Design an RC band-pass filter that passes a signal with frequency \(5.00 \mathrm{kHz},\) has a ratio \(V_{\text {out }} / V_{\text {in }}=0.500,\) and has an impedance of \(1.00 \mathrm{k} \Omega\) at very high frequencies. a) What components will you use? b) What is the phase of \(V_{\text {out }}\) relative to \(V_{\text {in }}\) at the frequency of \(5.00 \mathrm{kHz} ?\)

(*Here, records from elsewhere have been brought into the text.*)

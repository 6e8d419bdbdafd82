//! The trait that defines the stored functions of a program.
ghost use Rattle.std.specs.Prelude.{◌≡◌};
ghost use Rattle.gb_provider.specs.Meanings.{Meanings, IsReply, meaning_of};

use crate::fault::{Chosen, TransformFault};
use gb_core::text::Text;
use gb_core::value::Value;
use std::alloc::Global;

/// The types of a program's stored functions, and the meaning of each kind.
pub trait Transforms {
    /// The stored form of a function of `map`: a closure, with its kind and the number of its
    /// arguments.
    type Map: Drop;
    /// The stored form of a function of `flatMap`.
    type FlatMap: Drop;
    /// The stored form of a function of `zip`.
    type Zip: Drop;
    /// The stored form of a test.
    type Test: Drop;

    /// The result of each kind, and how many arguments each function takes.
    ghost meanings: { Meanings Self.Map Self.FlatMap Self.Zip Self.Test };

    /// The number of its arguments.
    fn map_arity(stored: &Self::Map) -> u8
        ensures { result ≡ meanings.map.arity stored.now };

    /// The number of its arguments.
    fn flat_map_arity(stored: &Self::FlatMap) -> u8
        ensures { result ≡ meanings.flat_map.arity stored.now };

    /// The number of its arguments.
    fn zip_arity(stored: &Self::Zip) -> u8
        ensures { result ≡ meanings.zip.arity stored.now };

    /// The number of its arguments.
    fn test_arity(stored: &Self::Test) -> u8
        ensures { result ≡ meanings.test.arity stored.now };

    /// Calls a function of `map`: a value, or nothing.
    fn map(
        stored: &Self::Map,
        alloc: Global,
        value: &Value,
        arguments: &[Text],
    ) -> Result<Option<Value>, TransformFault>
        ensures { IsReply result (meaning_of meanings.map stored.now value.now arguments.now) };

    /// Calls a function of `flatMap`: an output, or none.
    fn flat_map(
        stored: &Self::FlatMap,
        alloc: Global,
        value: &Value,
        arguments: &[Text],
    ) -> Result<Option<Chosen>, TransformFault>
        ensures { IsReply result (meaning_of meanings.flat_map stored.now value.now arguments.now) };

    /// Calls a function of `zip`.
    fn zip(
        stored: &Self::Zip,
        alloc: Global,
        left: &Value,
        right: &Value,
        arguments: &[Text],
    ) -> Result<Value, TransformFault>
        ensures { IsReply result (meaning_of meanings.zip stored.now left.now right.now arguments.now) };

    /// Calls a test.
    fn test(
        stored: &Self::Test,
        alloc: Global,
        value: &Value,
        arguments: &[Text],
    ) -> Result<bool, TransformFault>
        ensures { IsReply result (meaning_of meanings.test stored.now value.now arguments.now) };
}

An RC band-pass filter consists of two filters: a low-pass filter followed by a high-pass filter. The transfer function depends on the values of the resistors and capacitors used in the design. The ratio \(V_{out}/V_{in}\) can be expressed as: $$\frac{V_{out}}{V_{in}} = \frac{1}{\sqrt{1 + (RC\cdot 2\pi \cdot f)^2}}$$ Where \(R\) is the resistance in ohms, \(C\) is the capacitance in farads, and \(f\) is the frequency in hertz.

We know that at 5.00 kHz, the ratio \(V_{out}/V_{in}\) is given to be 0.500. Plugging the given values into the formula above, we get: $$0.500 = \frac{1}{\sqrt{1 + (RC \cdot 2\pi \cdot 5000)^2}}$$ To find the values of the components, let's start by simplifying the equation: $$0.500^2 = 1 - (RC \cdot 2\pi \cdot 5000)^2$$ $$(RC \cdot 2\pi \cdot 5000)^2 = 1 - 0.500^2$$ $$RC = \frac{\sqrt{1 - 0.500^2}}{2\pi \cdot 5000}$$ The impedance at very high frequencies is given to be 1.00 kΩ, which means the resistance \(R\) is also 1.00 kΩ. $$1000 \cdot C = \frac{\sqrt{1 - 0.500^2}}{2\pi \cdot 5000}$$ Now, solve for \(C\): $$C = \frac{\frac{\sqrt{1 - 0.500^2}}{2\pi \cdot 5000}}{1000}$$ $$C \approx 1.05 \times 10^{-8} F$$ The required components for the filter are a 1.00 kΩ resistor and a 10.5 nF capacitor. Answer to part a): A 1.00 kΩ resistor and a 10.5 nF capacitor

The phase difference between the input and output voltages can be calculated using the formula: $$\phi = \arctan(RC \cdot 2\pi \cdot f)$$ Using the values calculated for \(RC\): $$\phi = \arctan(\frac{\sqrt{1 - 0.500^2}}{2\pi \cdot 5000} \cdot 2\pi \cdot 5000)$$ $$\phi = \arctan(\sqrt{1 - 0.500^2})$$ $$\phi \approx 60^\circ$$ The phase difference between the input and output voltages at 5.00 kHz is approximately 60°. Answer to part b): The phase difference is approximately 60° at 5.00 kHz.